» Excerpts from a dataset
+++++

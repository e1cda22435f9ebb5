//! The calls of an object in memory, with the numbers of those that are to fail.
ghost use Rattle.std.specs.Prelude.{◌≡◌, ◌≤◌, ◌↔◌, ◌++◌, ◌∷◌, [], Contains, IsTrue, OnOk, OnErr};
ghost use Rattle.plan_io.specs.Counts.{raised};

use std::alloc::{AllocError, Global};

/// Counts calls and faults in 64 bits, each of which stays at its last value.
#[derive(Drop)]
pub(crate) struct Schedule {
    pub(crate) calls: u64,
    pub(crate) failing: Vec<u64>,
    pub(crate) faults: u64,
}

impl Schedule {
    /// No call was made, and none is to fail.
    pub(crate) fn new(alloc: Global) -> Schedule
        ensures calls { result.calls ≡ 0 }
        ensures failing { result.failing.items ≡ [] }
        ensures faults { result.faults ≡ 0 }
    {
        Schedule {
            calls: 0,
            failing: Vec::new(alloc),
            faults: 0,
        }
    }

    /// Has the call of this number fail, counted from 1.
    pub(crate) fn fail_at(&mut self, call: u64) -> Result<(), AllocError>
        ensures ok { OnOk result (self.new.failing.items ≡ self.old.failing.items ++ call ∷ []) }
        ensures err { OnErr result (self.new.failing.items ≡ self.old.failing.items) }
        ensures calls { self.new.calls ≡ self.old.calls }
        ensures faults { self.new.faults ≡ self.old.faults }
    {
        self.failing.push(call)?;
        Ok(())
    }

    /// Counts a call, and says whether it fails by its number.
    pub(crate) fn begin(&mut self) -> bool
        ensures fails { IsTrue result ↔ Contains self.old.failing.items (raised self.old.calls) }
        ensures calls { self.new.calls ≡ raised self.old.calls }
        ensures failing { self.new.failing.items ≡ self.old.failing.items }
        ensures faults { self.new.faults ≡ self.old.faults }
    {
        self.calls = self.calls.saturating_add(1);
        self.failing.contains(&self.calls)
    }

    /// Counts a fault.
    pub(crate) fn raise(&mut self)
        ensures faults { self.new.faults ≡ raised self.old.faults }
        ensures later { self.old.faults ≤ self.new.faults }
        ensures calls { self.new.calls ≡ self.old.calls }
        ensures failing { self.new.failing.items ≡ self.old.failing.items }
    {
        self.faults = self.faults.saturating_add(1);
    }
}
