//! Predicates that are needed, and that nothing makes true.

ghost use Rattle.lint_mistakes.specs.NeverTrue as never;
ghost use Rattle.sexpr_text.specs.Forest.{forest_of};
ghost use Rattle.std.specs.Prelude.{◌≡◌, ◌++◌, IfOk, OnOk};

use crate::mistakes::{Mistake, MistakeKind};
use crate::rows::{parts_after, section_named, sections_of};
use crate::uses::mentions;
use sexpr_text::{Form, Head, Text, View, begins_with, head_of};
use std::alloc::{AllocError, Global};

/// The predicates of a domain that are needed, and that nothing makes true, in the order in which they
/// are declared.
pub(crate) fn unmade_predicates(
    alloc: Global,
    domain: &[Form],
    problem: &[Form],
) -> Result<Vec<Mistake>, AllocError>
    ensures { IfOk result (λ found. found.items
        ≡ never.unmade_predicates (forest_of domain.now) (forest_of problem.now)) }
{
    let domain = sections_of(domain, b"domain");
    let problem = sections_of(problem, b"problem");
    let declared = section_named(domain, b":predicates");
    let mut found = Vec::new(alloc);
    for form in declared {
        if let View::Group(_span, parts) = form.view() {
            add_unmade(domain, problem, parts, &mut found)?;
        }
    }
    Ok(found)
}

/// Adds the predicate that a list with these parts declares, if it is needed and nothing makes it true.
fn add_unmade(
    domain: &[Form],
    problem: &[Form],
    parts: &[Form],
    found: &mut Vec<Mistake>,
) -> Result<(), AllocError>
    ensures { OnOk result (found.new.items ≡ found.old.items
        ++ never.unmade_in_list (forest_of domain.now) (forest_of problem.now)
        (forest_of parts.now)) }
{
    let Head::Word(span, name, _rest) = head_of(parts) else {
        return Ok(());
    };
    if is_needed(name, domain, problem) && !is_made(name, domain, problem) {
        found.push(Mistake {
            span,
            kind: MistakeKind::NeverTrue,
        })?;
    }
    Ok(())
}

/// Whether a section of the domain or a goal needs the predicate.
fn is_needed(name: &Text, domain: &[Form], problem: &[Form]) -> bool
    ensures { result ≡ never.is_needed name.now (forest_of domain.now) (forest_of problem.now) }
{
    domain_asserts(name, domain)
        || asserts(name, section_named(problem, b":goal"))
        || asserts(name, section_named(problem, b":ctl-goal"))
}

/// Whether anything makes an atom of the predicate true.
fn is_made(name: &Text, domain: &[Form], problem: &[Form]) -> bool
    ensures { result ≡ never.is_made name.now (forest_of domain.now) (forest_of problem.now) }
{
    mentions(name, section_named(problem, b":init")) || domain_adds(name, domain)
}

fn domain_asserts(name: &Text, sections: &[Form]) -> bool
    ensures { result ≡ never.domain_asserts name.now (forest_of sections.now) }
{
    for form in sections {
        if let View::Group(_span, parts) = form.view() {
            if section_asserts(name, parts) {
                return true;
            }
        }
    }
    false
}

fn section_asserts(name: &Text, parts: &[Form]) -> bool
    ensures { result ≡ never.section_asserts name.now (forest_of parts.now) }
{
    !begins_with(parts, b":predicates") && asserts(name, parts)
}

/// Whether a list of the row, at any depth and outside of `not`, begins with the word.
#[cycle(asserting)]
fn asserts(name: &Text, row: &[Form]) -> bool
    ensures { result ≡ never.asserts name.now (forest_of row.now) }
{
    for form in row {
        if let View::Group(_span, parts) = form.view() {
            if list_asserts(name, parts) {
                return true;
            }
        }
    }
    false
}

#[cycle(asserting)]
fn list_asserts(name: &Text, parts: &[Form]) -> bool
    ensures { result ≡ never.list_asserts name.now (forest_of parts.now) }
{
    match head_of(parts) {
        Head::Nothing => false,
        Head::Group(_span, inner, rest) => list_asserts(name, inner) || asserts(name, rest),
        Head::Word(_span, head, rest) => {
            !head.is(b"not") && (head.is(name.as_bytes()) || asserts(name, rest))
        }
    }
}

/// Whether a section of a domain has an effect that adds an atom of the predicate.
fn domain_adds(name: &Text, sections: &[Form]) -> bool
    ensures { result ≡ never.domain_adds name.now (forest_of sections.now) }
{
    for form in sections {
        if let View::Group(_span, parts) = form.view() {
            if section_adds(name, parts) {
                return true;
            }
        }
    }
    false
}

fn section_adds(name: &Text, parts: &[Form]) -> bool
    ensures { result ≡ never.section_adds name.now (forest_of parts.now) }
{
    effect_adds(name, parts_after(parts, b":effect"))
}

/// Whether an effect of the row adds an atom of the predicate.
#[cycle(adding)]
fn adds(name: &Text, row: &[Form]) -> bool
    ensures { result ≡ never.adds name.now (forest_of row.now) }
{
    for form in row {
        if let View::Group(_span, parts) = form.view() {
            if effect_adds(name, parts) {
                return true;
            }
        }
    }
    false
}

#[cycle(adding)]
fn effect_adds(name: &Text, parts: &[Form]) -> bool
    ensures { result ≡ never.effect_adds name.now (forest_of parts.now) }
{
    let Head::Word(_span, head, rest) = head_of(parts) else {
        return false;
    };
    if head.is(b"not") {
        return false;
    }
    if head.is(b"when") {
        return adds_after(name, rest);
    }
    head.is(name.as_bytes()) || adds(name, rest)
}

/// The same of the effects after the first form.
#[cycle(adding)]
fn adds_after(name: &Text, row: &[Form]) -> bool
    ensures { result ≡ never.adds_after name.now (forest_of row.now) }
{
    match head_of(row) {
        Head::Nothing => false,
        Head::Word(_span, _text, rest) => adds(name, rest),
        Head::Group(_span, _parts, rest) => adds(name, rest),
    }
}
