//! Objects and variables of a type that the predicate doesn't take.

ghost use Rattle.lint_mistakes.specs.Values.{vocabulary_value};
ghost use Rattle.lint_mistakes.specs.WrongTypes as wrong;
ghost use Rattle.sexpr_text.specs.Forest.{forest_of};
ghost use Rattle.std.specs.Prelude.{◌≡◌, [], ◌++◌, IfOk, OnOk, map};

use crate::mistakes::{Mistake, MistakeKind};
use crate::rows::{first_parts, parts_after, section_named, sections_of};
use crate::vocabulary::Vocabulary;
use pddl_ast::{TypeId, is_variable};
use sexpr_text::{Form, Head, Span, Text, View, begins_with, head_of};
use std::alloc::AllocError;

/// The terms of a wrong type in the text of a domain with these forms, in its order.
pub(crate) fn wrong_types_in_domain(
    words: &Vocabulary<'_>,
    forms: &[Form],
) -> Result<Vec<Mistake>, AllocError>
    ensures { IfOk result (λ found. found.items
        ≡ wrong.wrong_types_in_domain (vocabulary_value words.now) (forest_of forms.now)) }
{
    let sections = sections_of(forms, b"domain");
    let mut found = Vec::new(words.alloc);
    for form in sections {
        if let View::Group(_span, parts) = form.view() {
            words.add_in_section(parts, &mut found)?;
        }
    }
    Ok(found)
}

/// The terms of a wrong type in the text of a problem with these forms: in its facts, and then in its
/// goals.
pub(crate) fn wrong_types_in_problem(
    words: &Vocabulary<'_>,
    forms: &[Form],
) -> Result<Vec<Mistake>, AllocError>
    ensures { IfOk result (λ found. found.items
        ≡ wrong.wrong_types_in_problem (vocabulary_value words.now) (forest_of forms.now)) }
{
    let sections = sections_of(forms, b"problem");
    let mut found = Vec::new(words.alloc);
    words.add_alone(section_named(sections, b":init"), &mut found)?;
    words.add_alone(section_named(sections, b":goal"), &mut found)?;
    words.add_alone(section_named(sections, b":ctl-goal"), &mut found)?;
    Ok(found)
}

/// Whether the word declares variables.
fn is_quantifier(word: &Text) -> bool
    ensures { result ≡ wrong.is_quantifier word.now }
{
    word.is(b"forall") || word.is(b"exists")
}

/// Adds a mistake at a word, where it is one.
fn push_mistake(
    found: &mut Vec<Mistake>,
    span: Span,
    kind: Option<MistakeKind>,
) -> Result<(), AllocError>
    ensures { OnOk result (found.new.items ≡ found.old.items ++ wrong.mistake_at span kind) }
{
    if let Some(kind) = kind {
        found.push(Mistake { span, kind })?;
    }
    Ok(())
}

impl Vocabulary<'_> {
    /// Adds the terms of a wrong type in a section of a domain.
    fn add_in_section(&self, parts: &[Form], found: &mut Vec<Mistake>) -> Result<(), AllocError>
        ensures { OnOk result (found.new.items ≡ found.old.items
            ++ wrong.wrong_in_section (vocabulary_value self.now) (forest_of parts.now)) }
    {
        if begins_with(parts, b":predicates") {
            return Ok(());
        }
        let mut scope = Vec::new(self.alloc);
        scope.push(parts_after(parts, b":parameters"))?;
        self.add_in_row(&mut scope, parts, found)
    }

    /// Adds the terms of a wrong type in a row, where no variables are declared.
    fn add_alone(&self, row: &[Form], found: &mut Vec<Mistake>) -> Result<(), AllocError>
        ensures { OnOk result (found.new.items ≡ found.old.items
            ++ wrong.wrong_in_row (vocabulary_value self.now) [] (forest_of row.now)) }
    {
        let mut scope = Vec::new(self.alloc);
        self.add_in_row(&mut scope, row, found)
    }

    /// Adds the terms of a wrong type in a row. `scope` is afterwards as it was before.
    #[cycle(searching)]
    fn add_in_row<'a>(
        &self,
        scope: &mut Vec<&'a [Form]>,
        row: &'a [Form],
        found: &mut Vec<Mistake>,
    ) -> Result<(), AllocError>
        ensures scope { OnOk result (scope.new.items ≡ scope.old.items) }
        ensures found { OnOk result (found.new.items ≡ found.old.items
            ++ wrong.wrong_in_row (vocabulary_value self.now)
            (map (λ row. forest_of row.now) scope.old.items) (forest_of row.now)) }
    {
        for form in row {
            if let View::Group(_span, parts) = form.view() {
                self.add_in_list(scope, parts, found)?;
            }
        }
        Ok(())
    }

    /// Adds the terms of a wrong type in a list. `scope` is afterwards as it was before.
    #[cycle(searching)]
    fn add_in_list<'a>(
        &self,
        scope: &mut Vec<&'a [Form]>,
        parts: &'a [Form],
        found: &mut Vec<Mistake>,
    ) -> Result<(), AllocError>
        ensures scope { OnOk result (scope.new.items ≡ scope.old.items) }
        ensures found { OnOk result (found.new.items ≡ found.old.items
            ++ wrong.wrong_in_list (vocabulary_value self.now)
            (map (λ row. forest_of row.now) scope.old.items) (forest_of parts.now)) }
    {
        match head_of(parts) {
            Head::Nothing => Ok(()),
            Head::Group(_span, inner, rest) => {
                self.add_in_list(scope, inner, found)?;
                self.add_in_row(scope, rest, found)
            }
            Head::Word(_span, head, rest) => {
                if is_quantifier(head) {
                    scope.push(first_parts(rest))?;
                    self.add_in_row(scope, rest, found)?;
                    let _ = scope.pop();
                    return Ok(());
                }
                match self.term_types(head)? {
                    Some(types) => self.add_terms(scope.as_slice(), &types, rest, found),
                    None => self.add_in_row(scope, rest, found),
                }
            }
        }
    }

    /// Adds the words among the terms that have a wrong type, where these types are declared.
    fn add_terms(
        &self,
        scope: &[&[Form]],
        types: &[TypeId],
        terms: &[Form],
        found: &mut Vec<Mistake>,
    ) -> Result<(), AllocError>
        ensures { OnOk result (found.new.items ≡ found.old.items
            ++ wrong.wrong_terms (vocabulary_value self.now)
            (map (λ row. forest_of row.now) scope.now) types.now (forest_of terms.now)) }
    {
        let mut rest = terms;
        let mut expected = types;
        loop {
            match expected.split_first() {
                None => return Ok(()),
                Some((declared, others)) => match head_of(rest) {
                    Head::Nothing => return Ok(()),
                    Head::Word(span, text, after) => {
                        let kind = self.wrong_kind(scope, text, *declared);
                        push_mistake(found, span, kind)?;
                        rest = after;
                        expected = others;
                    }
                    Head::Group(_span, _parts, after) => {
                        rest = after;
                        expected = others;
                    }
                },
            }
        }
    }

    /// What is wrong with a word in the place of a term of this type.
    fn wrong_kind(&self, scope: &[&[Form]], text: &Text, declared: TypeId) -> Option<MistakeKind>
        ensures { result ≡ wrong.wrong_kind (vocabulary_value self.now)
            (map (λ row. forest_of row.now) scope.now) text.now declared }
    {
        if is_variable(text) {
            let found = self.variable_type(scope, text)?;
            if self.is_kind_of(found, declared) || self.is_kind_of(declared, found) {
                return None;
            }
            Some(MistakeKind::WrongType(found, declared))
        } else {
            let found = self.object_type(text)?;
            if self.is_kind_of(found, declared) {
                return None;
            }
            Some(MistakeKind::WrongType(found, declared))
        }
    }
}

+++++

» Try it
Lines containing the string "fails" are the ones to copy from the entries above.

» Output for this task
    /// Counts a call, and says whether it fails by its number.
        ensures fails { IsTrue result ↔ Contains self.old.failing.items (raised self.old.calls) }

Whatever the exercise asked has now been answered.